══ DATA UNDER STUDY

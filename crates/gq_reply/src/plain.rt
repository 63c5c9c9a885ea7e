//! Texts that need no quotes, copied and checked at once.
ghost use Rattle.std.specs.Prelude.{◌≡◌, ◌+◌, ◌≤◌, ◌<◌, ◌++◌, false, true, length, take, drop};
ghost use Rattle.csv.specs.Writing.{default_writer, needs_byte, needs_quotes};
ghost use Rattle.gq_reply.specs.Bare.{is_plain};

use std::simd::prelude::*;

/// The most bytes that are copied without a call.
pub(crate) const MOST: usize = 32;

/// Copies a field of at most 32 bytes over the first bytes, and returns whether it is plain.
#[inline(always)]
pub(crate) fn copy_plain(bytes: &mut [u8], field: &[u8]) -> bool
    requires fits { length field.now ≤ length bytes.old }
    requires short { length field.now ≤ MOST }
    ensures copied { bytes.new ≡ field.now ++ drop (length field.now) bytes.old }
    ensures plain { result ≡ is_plain field.now }
{
    let is_clear = copy_over(bytes, field);
    is_clear || is_plain(field)
}

// Copies a field of at most 32 bytes over the first bytes. If it returns true, the field is plain.
#[inline(always)]
fn copy_over(bytes: &mut [u8], field: &[u8]) -> bool
    requires fits { length field.now ≤ length bytes.old }
    requires short { length field.now ≤ MOST }
    ensures copied { bytes.new ≡ field.now ++ drop (length field.now) bytes.old }
    ensures plain { result ≡ true → is_plain field.now ≡ true }
{
    if field.len() >= 16 {
        copy_ends::<16>(bytes, field)
    } else if field.len() >= 8 {
        copy_ends::<8>(bytes, field)
    } else if field.len() >= 4 {
        copy_ends::<4>(bytes, field)
    } else {
        copy_bytewise(bytes, field);
        false
    }
}

// Copies the first and the last `N` bytes of a field, which overlap. If it returns true, the field
// is plain.
#[inline(always)]
fn copy_ends<const N: usize>(bytes: &mut [u8], field: &[u8]) -> bool
    requires fits { length field.now ≤ length bytes.old }
    requires covers { (N ≤ length field.now) × (length field.now ≤ N + N) }
    requires lanes { (0 < N) × (N ≤ 64) }
    ensures copied { bytes.new ≡ field.now ++ drop (length field.now) bytes.old }
    ensures plain { result ≡ true → is_plain field.now ≡ true }
{
    let last = field.len() - N;
    let front = Simd::<u8, N>::from_slice(field);
    let back = Simd::<u8, N>::from_slice(&field[last..]);
    front.copy_to_slice(bytes);
    back.copy_to_slice(&mut bytes[last..]);
    are_clear(front, back)
}

#[inline(always)]
fn are_clear<const N: usize>(front: Simd<u8, N>, back: Simd<u8, N>) -> bool
    requires { N ≤ 64 }
    ensures front { result ≡ true → needs_quotes default_writer front.entry ≡ false }
    ensures back { result ≡ true → needs_quotes default_writer back.entry ≡ false }
{
    is_clear(front) && is_clear(back)
}

// Whether all bytes are above those that need quotes, as letters and digits are.
#[inline(always)]
fn is_clear<const N: usize>(lanes: Simd<u8, N>) -> bool
    requires { N ≤ 64 }
    ensures { result ≡ true → needs_quotes default_writer lanes.entry ≡ false }
{
    lanes.simd_le(Simd::<u8, N>::splat(b',')).to_bitmask() == 0
}

#[inline(always)]
fn copy_bytewise(bytes: &mut [u8], field: &[u8])
    requires { length field.now ≤ length bytes.old }
    ensures { bytes.new ≡ field.now ++ drop (length field.now) bytes.old }
{
    'bytes: for i in 0..field.len() {
        bytes[i] = field[i];
    }
}

/// Whether a field has bytes, and none of them needs quotes.
#[inline]
pub(crate) fn is_plain(field: &[u8]) -> bool
    ensures { result ≡ is_plain field.now }
{
    !field.is_empty() && !needs_quotes(field)
}

/// Whether a byte of a field needs quotes.
#[inline]
pub(crate) fn needs_quotes(field: &[u8]) -> bool
    ensures { result ≡ needs_quotes default_writer field.now }
{
    field.iter().any(|byte| needs_byte(*byte))
}

/// Whether a byte needs quotes. Letters and digits are above all of these, and take one comparison.
#[inline]
pub(crate) fn needs_byte(byte: u8) -> bool
    ensures { result ≡ needs_byte default_writer byte }
{
    byte <= b',' && matches!(byte, b',' | b'"' | b'\n' | b'\r')
}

════

**EXERCISE INSTRUCTIONS**
Copy whichever lines in the listing above hold "usize".

**SOLUTION**
pub(crate) const MOST: usize = 32;
fn copy_ends<const N: usize>(bytes: &mut [u8], field: &[u8]) -> bool
fn are_clear<const N: usize>(front: Simd<u8, N>, back: Simd<u8, N>) -> bool
fn is_clear<const N: usize>(lanes: Simd<u8, N>) -> bool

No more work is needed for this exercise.